Work task:
Using the listing below, select the lines with the word "StatusClaim" and copy them.
----
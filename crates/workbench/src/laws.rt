//! What follows from the clauses of a run.
ghost use Rattle.workbench.specs.Agreement.{WrittenIsAccepted, StoppedIsUnfinished};
ghost use Rattle.workbench.specs.Headline.{Headline};
ghost use Rattle.workbench.specs.StatusClaim.{StatusClaim};
ghost use Rattle.workbench.specs.KeptClauses.{KeptLaw};
ghost use Rattle.workbench.specs.WrittenAnswers.{SolvedIsVerified, WrittenVerifiesAsAccepted};
ghost use Rattle.workbench.specs.WrittenAnswers.{UnsolvedChecksAsUnfinished};
ghost use Rattle.workbench.specs.WrittenChecks.{WrittenChecksAsAccepted, StoppedChecksAsUnfinished};
ghost use Rattle.workbench.specs.WrittenCores.{ExtractedIsVerified, ExtractedVerifiesAsAccepted};
ghost use Rattle.workbench.specs.WrittenCores.{UnextractedChecksAsUnfinished};

/// The claim of leank in two records. `Headline` says what a run with a result has written, that `check` and `verify`
/// accept it, and when there is a result; `StatusClaim` which status there is, and what `out` and `say` have then. They
/// speak of the runs of which `run` ensures `runs`, where the inputs are visible and the sinks are empty at first.
pub fn headline_law()
    ensures results { Headline }
    ensures statuses { StatusClaim }
{}

/// What `reduce` writes of a text with status 0, for any class, is accepted for that text, and of what it writes with
/// status 5 no check fails. So if both texts are visible, `check` of the two is decided: status
/// 0 and `accepted`, or 5 and `unfinished` with the number of learned clauses.
pub fn written_document_law()
    ensures done { WrittenIsAccepted }
    ensures budget { StoppedIsUnfinished }
    ensures accepted { WrittenChecksAsAccepted }
    ensures unfinished { StoppedChecksAsUnfinished }
{}

/// What `solve` writes of a text with status 10 or 20 is an answer for that text of which no check fails, and of what
/// it writes with 5 no check fails either. So if both texts are visible, `verify` of the two is
/// decided: status 0 and `accepted`; and `check` of the two: 5, and `unfinished` with the number of learned clauses.
pub fn written_answer_law()
    ensures texts { SolvedIsVerified }
    ensures accepted { WrittenVerifiesAsAccepted }
    ensures unfinished { UnsolvedChecksAsUnfinished }
{}

/// What `mus` writes of a text with status 0 or 10 is an answer for that text of which no check fails. So if both
/// texts are visible, `verify` of the two is decided: status 0 and `accepted`. Up to 2^30 bytes, a
/// core that it writes is DIMACS of the core's clauses, and `check` of what it writes with 5 as the formula and as the
/// document is decided: 5, and `unfinished` with the number of learned clauses.
pub fn written_core_law()
    ensures texts { ExtractedIsVerified }
    ensures accepted { ExtractedVerifiesAsAccepted }
    ensures unfinished { UnextractedChecksAsUnfinished }
{}

/// What is kept of a text is a function of the text, the class and the list of protected variables: two documents that
/// are accepted for it have the same line of kept positions and the same clause lines, whoever made them; and so has
/// what `reduce` writes, whatever the other options are.
pub fn kept_clauses_law()
    ensures { KeptLaw }
{}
----
The answer:
ghost use Rattle.workbench.specs.StatusClaim.{StatusClaim};
/// accept it, and when there is a result; `StatusClaim` which status there is, and what `out` and `say` have then. They
    ensures statuses { StatusClaim }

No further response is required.